The data =
impl Door for MemoryDoor {
    ghost told = { λ s. Some s.facts };

    ghost door_faults = { λ s. s.door_faults };

    ghost connection_faults = { λ s. s.connection_faults };

    ghost serves = { λ s n. (s.fails ≡ []) × (n ≤ length s.facts.coming) };

    ghost takes = { λ s n. (s.fails ≡ []) × IsSome s.facts.here × (n ≤ s.room) };

    ghost has_room = { λ s n. (s.fails ≡ []) × (n ≤ s.room) };

    ghost heard = { λ s calls. s.heard ≡ calls };

    ghost has_read = { λ s counts. ReadSo s counts };

    fn open(&mut self, address: &[u8]) -> Result<(), Failed>
        ensures same { Some self.new.facts ≡ Some self.old.facts }
        ensures failed { OnErr result (Rose self.old.door_faults self.new.door_faults) }
        ensures grows { self.old.door_faults ≤ self.new.door_faults }
        ensures line { self.new.connection_faults ≡ self.old.connection_faults }
        ensures served { (n : ℕ) → (self.old.fails ≡ []) × (n ≤ length self.old.facts.coming)
            → IsOk result × ((self.new.fails ≡ []) × (n ≤ length self.new.facts.coming)) }
        ensures heard { (calls : List DoorCall) → self.old.heard ≡ calls → MatchResult result (λ _. self.new.heard ≡ calls ++ Opened address.now ∷ []) (λ _. self.new.heard ≡ calls) }
        ensures spare { (n : ℕ) → (self.old.fails ≡ []) × (n ≤ self.old.room) → (self.new.fails ≡ []) × (n ≤ self.new.room) }
        ensures counts { (counts : ReadCounts) → ReadSo self.old counts → ReadSo self.new counts }

        // Beyond a door's promise: which calls fail, and all that each call leaves.
        ensures fails { IsErr result ↔ Contains self.old.fails (counted self.old.calls) }
        ensures err { OnErr result (self.new ≡ record self.old { calls = counted self.old.calls; door_faults = counted self.old.door_faults }) }
        ensures ok { OnOk result (self.new ≡ record self.old { calls = counted self.old.calls; heard = self.old.heard ++ Opened address.now ∷ [] }) }
    {
        if self.is_to_fail() {
            return Err(self.door_fault());
        }
        self.heard = self.heard.and(&Call::opened(address));
        Ok(())
    }

    fn accept(&mut self) -> Result<(), Failed>
        ensures some { OnOk result (Tells (Some self.old.facts) (λ facts. 0 < length facts.coming)) }
        ensures after { OnOk result (Tells (Some self.old.facts) (λ facts. Some self.new.facts ≡ Some (after_accept facts))) }
        ensures same { OnErr result (Some self.new.facts ≡ Some self.old.facts) }
        ensures failed { OnErr result (Rose self.old.door_faults self.new.door_faults) }
        ensures grows { self.old.door_faults ≤ self.new.door_faults }
        ensures line { self.new.connection_faults ≡ self.old.connection_faults }
        ensures served { (n : ℕ) → (self.old.fails ≡ []) × (n ≤ length self.old.facts.coming) → 0 < n
            → IsOk result × ((self.new.fails ≡ []) × (n - 1 ≤ length self.new.facts.coming)) }
        ensures heard { (calls : List DoorCall) → self.old.heard ≡ calls → MatchResult result (λ _. self.new.heard ≡ calls ++ Accepted ∷ []) (λ _. self.new.heard ≡ calls) }
        ensures spare { (n : ℕ) → (self.old.fails ≡ []) × (n ≤ self.old.room)
            → (((self.new.fails ≡ []) × (n ≤ self.new.room))) × OnOk result ((self.new.fails ≡ []) × IsSome self.new.facts.here × (n ≤ self.new.room)) }
        ensures begun { OnOk result (ReadSo self.new none_read) }
        ensures counts { OnErr result ((counts : ReadCounts) → ReadSo self.old counts → ReadSo self.new counts) }

        // Beyond a door's promise: which calls fail, and all that each call leaves.
        ensures fails { IsErr result ↔ ((Contains self.old.fails (counted self.old.calls)) ⊎ (self.old.facts.coming ≡ [])) }
        ensures err { OnErr result (self.new ≡ record self.old { calls = counted self.old.calls; door_faults = counted self.old.door_faults }) }
        ensures ok { OnOk result (self.new ≡ record self.old { facts = after_accept self.old.facts; calls = counted self.old.calls; read = 0; read_before = 0; heard = self.old.heard ++ Accepted ∷ [] }) }
    {
        if self.is_to_fail() {
            return Err(self.door_fault());
        }
        match self.coming.pop_front() {
            None => Err(self.door_fault()),
            Some(bytes) => {
                self.here = Some(Unread::new(bytes));
                self.answers.begin();
                self.read = 0;
                self.read_before = 0;
                self.heard = self.heard.and(&Call::accepted());
                Ok(())
            }
        }
    }

    fn read(&mut self, buf: &mut [u8]) -> Result<usize, Failed>
        ensures within { IfOk result (λ count. count ≤ length buf.old) }
        ensures present { OnOk result (Tells (Some self.old.facts) (λ facts. IsSome facts.here)) }
        ensures bytes { IfOk result (λ count. Known (bytes_here (Some self.old.facts)) (λ all. (count ≤ length all) × (take count buf.new ≡ take count all))) }
        ensures after { IfOk result (λ count. Tells (Some self.old.facts) (λ facts. Some self.new.facts ≡ Some (after_read count facts))) }
        ensures end { IfOk result (λ count. Known (bytes_here (Some self.old.facts)) (λ all. count ≡ 0 → 0 < length buf.old → length all ≡ 0)) }
        ensures same { OnErr result (Some self.new.facts ≡ Some self.old.facts) }
        ensures failed { OnErr result (Rose self.old.connection_faults self.new.connection_faults) }
        ensures grows { self.old.connection_faults ≤ self.new.connection_faults }
        ensures door { self.new.door_faults ≡ self.old.door_faults }
        ensures served { (n : ℕ) → (self.old.fails ≡ []) × (n ≤ length self.old.facts.coming)
            → (self.new.fails ≡ []) × (n ≤ length self.new.facts.coming) }
        ensures reliable { (n : ℕ) → (self.old.fails ≡ []) × IsSome self.old.facts.here × (n ≤ self.old.room)
            → IsOk result × ((self.new.fails ≡ []) × IsSome self.new.facts.here × (n ≤ self.new.room)) }
        ensures spare { (n : ℕ) → (self.old.fails ≡ []) × (n ≤ self.old.room) → (self.new.fails ≡ []) × (n ≤ self.new.room) }
        ensures heard { (calls : List DoorCall) → self.old.heard ≡ calls → MatchResult result (λ _. self.new.heard ≡ calls) (λ _. self.new.heard ≡ calls ++ LineFailed ∷ []) }
        ensures counts { (counts : ReadCounts) → ReadSo self.old counts
            → MatchResult result (λ count. ReadSo self.new (read_more count counts)) (λ _. ReadSo self.new counts) }

        // Beyond a door's promise: which calls fail, and all that each call leaves.
        ensures fails { IsErr result ↔ ((Contains self.old.fails (counted self.old.calls)) ⊎ (self.old.facts.here ≡ None)) }
        ensures err { OnErr result (self.new ≡ record self.old { calls = counted self.old.calls; connection_faults = counted self.old.connection_faults; heard = self.old.heard ++ LineFailed ∷ [] }) }
        ensures count { IfOk result (λ count. Known self.old.facts.here (λ all. count ≡ min (length all) (length buf.old))) }
        ensures ok { IfOk result (λ count. self.new ≡ counted_read count (record self.old { facts = after_read count self.old.facts; calls = counted self.old.calls })) }
    {
        if self.is_to_fail() {
            return Err(self.line_fault());
        }
        match &mut self.here {
            None => Err(self.line_fault()),
            Some(unread) => {
                let count = unread.read(buf);
                self.read_before = self.read;
                self.read = self.read.saturating_add(count as u64);
                Ok(count)
            }
        }
    }

    fn write(&mut self, piece: &[u8]) -> Result<usize, Failed>
        ensures within { IfOk result (λ count. count ≤ length piece.now) }
        ensures some { IfOk result (λ count. 0 < length piece.now → 0 < count) }
        ensures present { OnOk result (Tells (Some self.old.facts) (λ facts. IsSome facts.here)) }
        ensures grown { IfOk result (λ count. Tells (Some self.old.facts) (λ facts. Some self.new.facts ≡ Some (after_write (take count piece.now) facts))) }
        ensures same { OnErr result (Some self.new.facts ≡ Some self.old.facts) }
        ensures failed { OnErr result (Rose self.old.connection_faults self.new.connection_faults) }
        ensures grows { self.old.connection_faults ≤ self.new.connection_faults }
        ensures door { self.new.door_faults ≡ self.old.door_faults }
        ensures served { (n : ℕ) → (self.old.fails ≡ []) × (n ≤ length self.old.facts.coming)
            → (self.new.fails ≡ []) × (n ≤ length self.new.facts.coming) }
        ensures room { (n : ℕ) → (self.old.fails ≡ []) × IsSome self.old.facts.here × (n ≤ self.old.room) → length piece.now ≤ n
            → IsOkAnd result (λ count. (self.new.fails ≡ []) × IsSome self.new.facts.here × (n - count ≤ self.new.room)) }
        ensures spare { (n : ℕ) → (self.old.fails ≡ []) × (n ≤ self.old.room)
            → MatchResult result (λ count. (self.new.fails ≡ []) × (n - count ≤ self.new.room)) (λ _. (self.new.fails ≡ []) × (n ≤ self.new.room)) }
        ensures heard { (calls : List DoorCall) → self.old.heard ≡ calls → MatchResult result (λ _. self.new.heard ≡ calls) (λ _. self.new.heard ≡ calls ++ LineFailed ∷ []) }
        ensures counts { (counts : ReadCounts) → ReadSo self.old counts → ReadSo self.new counts }

        // Beyond a door's promise: which calls fail, and all that each call leaves.
        ensures fails { IsErr result ↔ ((Contains self.old.fails (counted self.old.calls)) ⊎ ((self.old.facts.here ≡ None) ⊎ (self.old.room < length piece.now))) }
        ensures err { OnErr result (self.new ≡ record self.old { calls = counted self.old.calls; connection_faults = counted self.old.connection_faults; heard = self.old.heard ++ LineFailed ∷ [] }) }
        ensures ok { IfOk result (λ count. (count ≡ length piece.now)
            × (self.new ≡ record self.old { facts = after_write piece.now self.old.facts; room = self.old.room - count; calls = counted self.old.calls })) }
    {
        if self.is_to_fail() || self.here.is_none() || piece.len() > self.answers.room() {
            return Err(self.line_fault());
        }
        self.answers.add(piece);
        Ok(piece.len())
    }

    fn hang_up(&mut self)
        ensures after { Tells (Some self.old.facts) (λ facts. Some self.new.facts ≡ Some (after_hang_up facts)) }
        ensures door { self.new.door_faults ≡ self.old.door_faults }
        ensures line { self.new.connection_faults ≡ self.old.connection_faults }
        ensures served { (n : ℕ) → (self.old.fails ≡ []) × (n ≤ length self.old.facts.coming)
            → (self.new.fails ≡ []) × (n ≤ length self.new.facts.coming) }
        ensures spare { (n : ℕ) → (self.old.fails ≡ []) × (n ≤ self.old.room) → (self.new.fails ≡ []) × (n ≤ self.new.room) }
        ensures heard { (calls : List DoorCall) → self.old.heard ≡ calls → self.new.heard ≡ calls }
        ensures counts { (counts : ReadCounts) → ReadSo self.old counts → ReadSo self.new counts }

        // Beyond a door's promise: all that it leaves, and that it is no call that counts.
        ensures all { self.new ≡ record self.old { facts = after_hang_up self.old.facts } }
    {
        self.here = None;
    }
}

Problem requirements = Lines from the one with "facts = after_hang_up" through the end of the data: set these down exactly, including both ends and nothing more.

Response =
        ensures all { self.new ≡ record self.old { facts = after_hang_up self.old.facts } }
    {
        self.here = None;
    }
}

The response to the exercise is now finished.